Note how the transforms are only applied to the underepresented class.

And then my idea was to use a DataLoader with a WeightedRandomSampler to get balanced batches on each iteration during training. This is how I have tried to achieve this:

balance = torch.FloatTensor(balance)
weights = balance / len(labels) 
samples_weight = torch.tensor([weights[t] for t in training_labels])
weighted_sampler = WeightedRandomSampler(samples_weight, len(samples_weight))

train_loader = DataLoader(training_dataset, batch_size=BATCH_SIZE, num_workers=0, sampler=weighted_sampler)
val_loader = DataLoader(validation_dataset, batch_size=BATCH_SIZE, num_workers=0)

Weights contains: tensor([0.1764, 0.8236])

When I run the following code:

total_0 = 0
total_1 = 0
for batch in train_loader:
  total_0 += (batch['label'] == 0).sum()
  total_1 += (batch['label'] == 1).sum()
print(total_0, total_1)

This is the output I get:
tensor(6576) tensor(1241)
Shouldn’t the two be balanced? Each batch contains a distribution similar to: tensor(108) tensor(20)
I have tried to reverse the weights so that it returns tensor([0.8236, 0.1764]) (just to see what would happen) and the output is exactly the same. Is the sampler not applying any weights at all?
This is my first attempt at learning about PyTorch so I might be missing something important (and hopefully easy to fix), most of this concepts are new to me. Any ideas on what to test or change will be extremly appreciated!

Thank you for your time!

Mughees · July 19, 2020, 10:43am

Iam unable to understand the problem correctly, but I can suggest few directions.

Use Splitting with stratification for imbalanced problems.(scikit has a function). It creates the train/test split with equal ratios among classes. see this
In Dataloader, drops_last is also the parameter which you need to focus on because it drops the samples which doesnot fit in the batch size.

Thanks.

manelpk · July 19, 2020, 1:56pm

Hello!

Thank you for your answer!
I tried to follow your first direction but from what I understand this approach would help me in balancing examples between the train and test sets.
What I am trying to achieve is to obtain a well balanced train set, without focusing on the test one at all.

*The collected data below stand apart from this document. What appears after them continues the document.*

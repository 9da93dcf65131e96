//! A charge of one quota record.
ghost use Rattle.std.specs.Prelude.{◌≡◌, ◌+◌, ◌≤◌, false, OnErr, OnOk};
ghost use Rattle.qrules.specs.Charge.{answer_to, charge_fault};
ghost use Rattle.qrules.specs.Grace.{charged};

use qrules::{Graces, MAX_GRACE, MAX_MOMENT, MAX_USE, Over, Record};

/// Charges a record for blocks and inodes, or says which limit of it is in the way; then it is as before.
pub(crate) fn charge(
    quota: &mut Record,
    graces: Graces,
    moment: u64,
    blocks: u64,
    inodes: u64,
) -> Result<(), Over>
    requires uses { (quota.old.blocks + blocks ≤ MAX_USE) × (quota.old.inodes + inodes ≤ MAX_USE) }
    requires moment { moment ≤ MAX_MOMENT }
    requires graces { (graces.block ≤ MAX_GRACE) × (graces.inode ≤ MAX_GRACE) }
    ensures answer { result ≡ answer_to false (charge_fault quota.old moment blocks inodes) }
    ensures ok { OnOk result (quota.new ≡ charged quota.old graces moment blocks inodes) }
    ensures err { OnErr result (quota.new ≡ quota.old) }
{
    quota.test(moment, false, blocks, inodes)?;
    quota.charge(graces, moment, blocks, inodes);
    Ok(())
}
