//! What is saved of an outcome in files: its journal, and an image of its store.
ghost use Rattle.std.specs.Prelude.{◌≡◌, IfOk, IsSome, OnErr, OnOk, option_map};
ghost use Rattle.std.specs.Io.KnownBytes.{Appends};
ghost use Rattle.qtext.specs.Written.{Writes};
ghost use Rattle.qtext_files.specs.Spelling.{CanBeRead, journal_spelling};
ghost use Rattle.qtext_image.specs.Held.{IsStateTyped};
ghost use Rattle.qtool_files.specs.Held.{StandsUnder};
ghost use Rattle.qtool_files.specs.Saved.{IsSavedUnder, image_left};

use crate::Files;
use qplain::Journal;
use qrun_replay::Outcome;
use qtext::{RefusedWrite, Written};
use qtext_files::put_journal;
use qtext_image_write::put_image;
use std::io::Write;

/// Writes the journal, and flushes it.
#[tactic(auto, using(crate::proofs::Flushes::refused_at_the_flush, qtext::proofs::Fronts::keeps_appends))]
fn finish_journal<W: Write>(journal: &Journal, out: &mut W) -> Written
    ensures writes { Writes (W.contents out.old) (W.contents out.new) result (journal_spelling journal.now) }
    ensures again { IfOk result (λ _. CanBeRead journal.now) }
{
    if put_journal(out, journal).is_err() || out.flush().is_err() {
        return Err(RefusedWrite);
    }
    Ok(())
}

/// Writes the image of the store that is left, and flushes it.
#[tactic(auto, using(crate::proofs::Flushes::refused_at_the_flush, qtext::proofs::Fronts::keeps_appends))]
fn finish_image<W: Write>(outcome: &Outcome, out: &mut W) -> Written
    ensures writes { Writes (W.contents out.old) (W.contents out.new) result (image_left outcome.now) }
    ensures again { IfOk result (λ _. IsStateTyped outcome.now.store.state) }
{
    let edition = outcome.setup.current_edition();
    let place = outcome.journal.get().entries().len() as u64;
    if put_image(out, edition, place, &outcome.store).is_err() || out.flush().is_err() {
        return Err(RefusedWrite);
    }
    Ok(())
}

/// Writes the journal as a draft, and keeps that under the name. A draft that refuses is given up.
#[tactic(auto, using(crate::proofs::Drafts::written_whole))]
fn keep_journal<F: Files>(journal: &Journal, files: &mut F, name: &str) -> Written
    ensures again { IfOk result (λ _. CanBeRead journal.now) }
    ensures kept { OnOk result
        (StandsUnder (F.held files.old) (F.held files.new) name.now (journal_spelling journal.now)) }
    ensures err { OnErr result (F.held files.new ≡ F.held files.old) }
{
    let Ok(mut draft) = files.draft(name) else {
        return Err(RefusedWrite);
    };
    if finish_journal(journal, &mut draft).is_err() {
        files.give_up(draft);
        return Err(RefusedWrite);
    }
    files.keep(draft, name).map_err(|_| RefusedWrite)
}

/// The same of the image of the store that is left.
#[tactic(auto, using(crate::proofs::Drafts::written_whole))]
fn keep_image<F: Files>(outcome: &Outcome, files: &mut F, name: &str) -> Written
    ensures again { IfOk result (λ _. IsStateTyped outcome.now.store.state) }
    ensures kept { OnOk result (StandsUnder (F.held files.old) (F.held files.new) name.now (image_left outcome.now)) }
    ensures err { OnErr result (F.held files.new ≡ F.held files.old) }
{
    let Ok(mut draft) = files.draft(name) else {
        return Err(RefusedWrite);
    };
    if finish_image(outcome, &mut draft).is_err() {
        files.give_up(draft);
        return Err(RefusedWrite);
    }
    files.keep(draft, name).map_err(|_| RefusedWrite)
}

/// Saves the journal where a file is named for it.
pub(crate) fn save_journal<F: Files>(
    outcome: &Outcome,
    name: Option<&str>,
    files: &mut F,
) -> Written
    ensures again { IfOk result (λ _. IsSome name.entry → CanBeRead outcome.now.journal) }
    ensures kept { OnOk result (IsSavedUnder (F.held files.old) (F.held files.new)
        (option_map (λ n. n.now) name.entry) (journal_spelling outcome.now.journal)) }
    ensures err { OnErr result (F.held files.new ≡ F.held files.old) }
{
    match name {
        Some(name) => keep_journal(outcome.journal.get(), files, name),
        None => Ok(()),
    }
}

/// Saves the image of the store that is left where a file is named for it.
pub(crate) fn save_image<F: Files>(outcome: &Outcome, name: Option<&str>, files: &mut F) -> Written
    ensures again { IfOk result (λ _. IsSome name.entry → IsStateTyped outcome.now.store.state) }
    ensures kept { OnOk result (IsSavedUnder (F.held files.old) (F.held files.new)
        (option_map (λ n. n.now) name.entry) (image_left outcome.now)) }
    ensures err { OnErr result (F.held files.new ≡ F.held files.old) }
{
    match name {
        Some(name) => keep_image(outcome, files, name),
        None => Ok(()),
    }
}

My goal would be to sample balanced batches from the training dataset (carrying out data augmentation only on the minority class since this examples would theoretically get picked more).
Per epoch the idea would be to see all minority examples multiple times (with different transforms applied) and only once the majority examples. Does that make sense?

For the second direction you proposed, i don’t see how it would help in this situation. Could you expand on the topic please?

Again, thank you for your response!

manelpk · July 22, 2020, 10:46am

Found the solution! Here it is, in case someone finds it useful in the future.

I was splitting the data into train and test sets incorreclty (due to a wrong intepretation on how numpy arrays work), so I decided to change the approach by using list comprehensions:

training_images = [images_path[i] for i in train_indices]
training_labels = [labels[i] for i in train_indices]
validation_images = [images_path[i] for i in val_indices]
validation_labels = [labels[i] for i in val_indices]

And now I am getting the expected result from the WeightedRandomSampler, balanced batches on every iteration!